Eight-term mayor navigated ‘crazy time’
By Dan Moffett
Roger Bennett was sworn in as the mayor of Briny Breezes right when the town needed him most.
“I’m so pleased the people had enough faith in this old loon to elect me,” he told a reporter in 2007 after easily defeating two opponents in what was then only the second contested election in Briny’s history.
Mr. Bennett died Jan. 12 at Bethesda Memorial Hospital in Boynton Beach after a short illness. He was 85 and serving his eighth one-year term as mayor.
Mr. Bennett would become the right mayor at the right time when a condo developer offered $510 million to buy the mobile home community and build condos — lots of them. Things were about to get crazy in Briny.
The prospect of becoming instant millionaires turned some neighbors against each other.
Council meetings got raucous. Residents in surrounding communities hurled sanctimonious complaints about excessive growth — and greed. Reporters from across the country came to tell an often unhappy story.
Neighbors had persuaded Mr. Bennett to run for office, believing his long career as a journalist and educator equipped him to articulate the town’s case to the public, and perhaps more important, to Briny’s corporate board.
“It was a crazy time,” said Barbara Bennett, his wife of 58 years. “It was such an unknown. It was really unknown territory for Briny Breezes. We didn’t know where this was going.”
The real estate deal ultimately fell apart, but Briny Breezes didn’t. Through all the tumult, Mayor Bennett kept his smile and good cheer, defusing conflict with an ever-ready quip. He steered Briny through its greatest storm.
“He was our best mayor,” said Nancy Boczon, who served with Mr. Bennett on the council then. “He was such a good mayor he spoiled us for what a mayor could be.”
During the 1980s, Mr. Bennett ran the Mass Communications Department at Texas State University in San Marcos. He said that was a lesson in human nature that prepared him for turmoil in Briny Breezes.
“When you’re dealing with 25 faculty members and 3,600 students, it’s always fraught with drama,” he told The Coastal Star in 2013. “I’ve never been one to bulldoze people. I try to be sensible and forgiving.”
The Bennetts bought their lot in Briny Breezes in 1991 and moved to the town full-time after retiring in 1995.
Becoming Brinyites was easy, Barbara Bennett said. “There was a real community here. Everybody looked after everybody else. The feeling that we’re all neighbors has always been here.”
Roger and Barbara met while working at his hometown paper in southern Ohio, the Portsmouth Times. He was the City Hall reporter and she was the society editor. Mr. Bennett served five years with the Navy during the Korean War and after his discharge focused on his education.
He earned journalism degrees from Ohio University and then a doctorate from the University of Texas. Mr. Bennett went on to teach at Ohio U., specializing in First Amendment issues, and earned professor of the year honors. He spent the last 23 years of his career at San Marcos.
In retirement, the Bennetts used their Briny home as their base for traveling the world — cruising, backpacking, exploring.
“It’s easy to travel from Briny,” Mrs. Bennett said. “When the time comes, you close the door, leave and you don’t worry about a thing.”
The Bennetts sailed twice around the world with 400 students and faculty on Semester at Sea, the shipboard university. They lived in Poland for a time when Roger taught at the University of Silesia. The only continent the Bennetts didn’t visit was Antarctica.
After a four-year hiatus, Mr. Bennett returned to public service in 2017 when the town found itself without a mayor and in need of his leadership.
“Roger was an incredible role model,” said Sue Thaler, president of the Briny Town Council. “He was one of the most positive people I’ve known.
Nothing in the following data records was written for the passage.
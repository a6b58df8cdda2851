ghost use Rattle.std.specs.Prelude.{◌≡◌, ◌<◌, IfOk, IfSome, OnOk, length, option_map, position, not, true};
ghost use Rattle.std.specs.Str.{bytes_eq};
ghost use Rattle.std.specs.List.{list_all, list_any};
ghost use Rattle.micro_isa.specs.Names.{IsName, name_test};
ghost use Rattle.asm_lines.specs.Tables.{words_seen, knows, place_of, declare, misnamed, one};

use indexmap::IndexSet;
use micro_isa::{List, Name, NoMemory, is_name};
use std::alloc::Global;

/// The place of a name in a table, counted from 0.
pub fn find<'a>(names: &IndexSet<&'a [u8]>, name: &'a [u8]) -> Option<usize>
    ensures place { result ≡ position (λ n. bytes_eq name.now n) (words_seen names.now.keys) }
    ensures within { IfSome result (λ at. at < length names.now.keys) }
{
    names.get_index_of(&name)
}

/// The place of a name in a table, and 0 where it is not there.
pub fn place_of<'a>(names: &IndexSet<&'a [u8]>, name: &'a [u8]) -> usize
    ensures { result ≡ place_of (words_seen names.now.keys) name.now }
{
    find(names, name).unwrap_or(0)
}

pub fn knows<'a>(names: &IndexSet<&'a [u8]>, name: &'a [u8]) -> bool
    ensures { result ≡ knows (words_seen names.now.keys) name.now }
{
    names.contains(&name)
}

/// Adds a name to a table, where it is new, and answers its place and whether it is new.
#[inline(always)]
pub fn declare<'a>(
    names: &mut IndexSet<&'a [u8]>,
    name: &'a [u8],
) -> Result<(usize, bool), NoMemory>
    ensures place { IfOk result (λ r. r.0 ≡ place_of (words_seen names.new.keys) name.now) }
    ensures fresh { IfOk result (λ r. r.1 ≡ not (knows (words_seen names.old.keys) name.now)) }
    ensures names { OnOk result (words_seen names.new.keys ≡ declare (words_seen names.old.keys) name.now) }
{
    match names.insert_full(name) {
        Ok((place, is_new)) => Ok((place, is_new)),
        Err(_) => Err(NoMemory),
    }
}

/// Whether there is a name, and it is in the table.
pub fn has_name<'a>(names: &IndexSet<&'a [u8]>, name: Option<&'a [u8]>) -> bool
    ensures { result ≡ list_any (knows (words_seen names.now.keys)) (one (option_map (λ n. n.now) name.entry)) }
{
    match name {
        Some(name) => knows(names, name),
        None => false,
    }
}

/// Whether there is a name, and it is not in the table.
pub fn is_stray<'a>(names: &IndexSet<&'a [u8]>, name: Option<&'a [u8]>) -> bool
    ensures { result ≡ list_any (λ name. not (knows (words_seen names.now.keys) name)) (one (option_map (λ n. n.now) name.entry)) }
{
    match name {
        Some(name) => !knows(names, name),
        None => false,
    }
}

/// Whether there is a word that is no name.
pub fn is_misnamed(word: Option<&[u8]>) -> bool
    ensures { result ≡ misnamed (one (option_map (λ n. n.now) word.entry)) }
{
    match word {
        Some(word) => !is_name(word),
        None => false,
    }
}

/// The name that a word is.
pub fn name_of(alloc: Global, word: &[u8]) -> Result<Name, NoMemory>
    requires { IsName word.now }
    ensures { IfOk result (λ name. name ≡ word.now) }
{
    match Name::of(alloc, word) {
        Ok(Some(name)) => Ok(name),
        Ok(None) => unreachable!(),
        Err(_) => Err(NoMemory),
    }
}

/// Names of these words.
pub fn names_of(alloc: Global, words: &[&[u8]]) -> Result<List<Name>, NoMemory>
    requires { list_all name_test (words_seen words.now) ≡ true }
    ensures { IfOk result (λ names. names ≡ words_seen words.now) }
{
    let mut names = List::new(alloc);
    for word in words {
        let name = name_of(alloc, word)?;
        match names.push(name) {
            Ok(()) => {}
            Err(_) => return Err(NoMemory),
        }
    }
    Ok(names)
}
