ghost use Rattle.std.specs.Prelude.{◌≡◌};
ghost use Rattle.asm_lines.specs.Faults.{kind_text};

use micro_isa::NoMemory;
use thiserror::Error;

/// The kinds of faults that a bundle's text can have, in the order in which those of one line are told.
#[derive(Clone, Copy, Debug, PartialEq, Eq)]
pub enum BundleKind {
    Byte,
    Directive,
    Operands,
    Name,
    Number,
    Limit,
    Port,
    Repeated,
    Missing,
    LabelTwice,
    ChannelUnknown,
    ChannelKind,
    LabelUnknown,
    Empty,
    FallsOff,
}

/// Why no bundle was read. Lines are counted from 1.
#[derive(Clone, Copy, Debug, PartialEq, Eq, Error)]
pub enum BundleFault {
    #[error("line {line}: {kind:?}")]
    At { line: u32, kind: BundleKind },
    #[error("out of memory")]
    NoMemory,
}

impl From<NoMemory> for BundleFault {
    ghost use Rattle.asm_lines.specs.declared.fault.BundleFault.TheVariants as fault;

    ghost from_gives = { λ _ why. why ≡ fault.NoMemory };

    fn from(_want: NoMemory) -> BundleFault {
        BundleFault::NoMemory
    }
}

/// The kinds in their order, each with the word by which it is told.
pub const KINDS: [(BundleKind, &'static [u8]); 15] = [
    (BundleKind::Byte, b"byte"),
    (BundleKind::Directive, b"directive"),
    (BundleKind::Operands, b"operands"),
    (BundleKind::Name, b"name"),
    (BundleKind::Number, b"number"),
    (BundleKind::Limit, b"limit"),
    (BundleKind::Port, b"port"),
    (BundleKind::Repeated, b"repeated"),
    (BundleKind::Missing, b"missing"),
    (BundleKind::LabelTwice, b"label-twice"),
    (BundleKind::ChannelUnknown, b"channel-unknown"),
    (BundleKind::ChannelKind, b"channel-kind"),
    (BundleKind::LabelUnknown, b"label-unknown"),
    (BundleKind::Empty, b"empty"),
    (BundleKind::FallsOff, b"falls-off"),
];

/// The word by which a kind is told.
pub fn kind_text(kind: BundleKind) -> &'static [u8]
    ensures { result.now ≡ kind_text kind }
{
    KINDS[kind as usize].1
}
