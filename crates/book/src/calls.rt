// A call that is given as a value.
ghost use Rattle.std.specs.Prelude.{◌≡◌};
ghost use Rattle.book.specs.Requests.{PerformsAs, call_of};
ghost use Rattle.book.specs.declared.request.Answer.TheVariants.{Done};

use crate::book::Book;
use crate::request::{Answer, Request};
use tariff::Schedule;

// The answer of a call that replies nothing.
fn done(_reply: ()) -> Answer
    ensures { result ≡ Done }
{
    Answer::Done
}

/// Makes the requested call, under the schedule where it prices, and gives its answer.
pub fn perform<S: Schedule>(
    book: &mut Book<'_, '_, '_>,
    schedule: &S,
    request: Request<'_>,
) -> Answer
    ensures { PerformsAs (S.meaning schedule.now) (call_of request.entry) book.old result book.new }
{
    match request {
        Request::Open {
            code,
            contract,
            substation,
            carried,
        } => book
            .open(code, contract, substation, carried)
            .map_or_else(Answer::Refused, done),
        Request::Start { days } => book
            .start(days)
            .map_or_else(Answer::Refused, Answer::Started),
        Request::Post { month, place, post } => book
            .post(month, place, post)
            .map_or_else(Answer::Refused, done),
        Request::PostDay {
            month,
            day,
            code,
            readings,
        } => book
            .post_day(month, day, code, readings)
            .map_or_else(Answer::Refused, done),
        Request::Bill { month } => book
            .bill(month, schedule)
            .map_or_else(Answer::Refused, Answer::Written),
        Request::TrueUp { month } => book
            .true_up(month, schedule)
            .map_or_else(Answer::Refused, Answer::Written),
        Request::Finalise { month } => book
            .finalise(month, schedule)
            .map_or_else(Answer::Refused, done),
        Request::Due { month } => book
            .due(month, schedule)
            .map_or_else(Answer::Refused, Answer::IsDue),
        Request::Total { month, line } => book
            .total(month, line)
            .map_or_else(Answer::Refused, Answer::Sum),
    }
}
He was a lifelong educator who was committed to the town of Briny Breezes and educating people about the importance of our municipality.”
Said Boczon: “A great sense of humor. A great mayor. A great man.”
His daughter, Jo Bennett, a former Briny Breezes resident who lives in the County Pocket with her husband, Jay Kelley, said her father would want to be remembered for his unpretentious, genial nature.
“He was an open-minded friend of everyone,” she said. “He was a welcoming kind of guy who’d slap people on the back and open his arms to them. He never wanted to be thought of as judgmental. And he wasn’t.”
Besides his wife and daughter, Mr. Bennett is survived by his son, Roger Bennett II, and his son’s partner, Takahiro Oda, of Cologne, Germany.
The family is planning a celebration of life service on the Briny beach, probably in early June. A group of Mr. Bennett’s former students is planning a memorial service in San Marcos.
The family requests memorial donations go to Semester at Sea, semesteratsea.org/giving/ or 800-854-0195.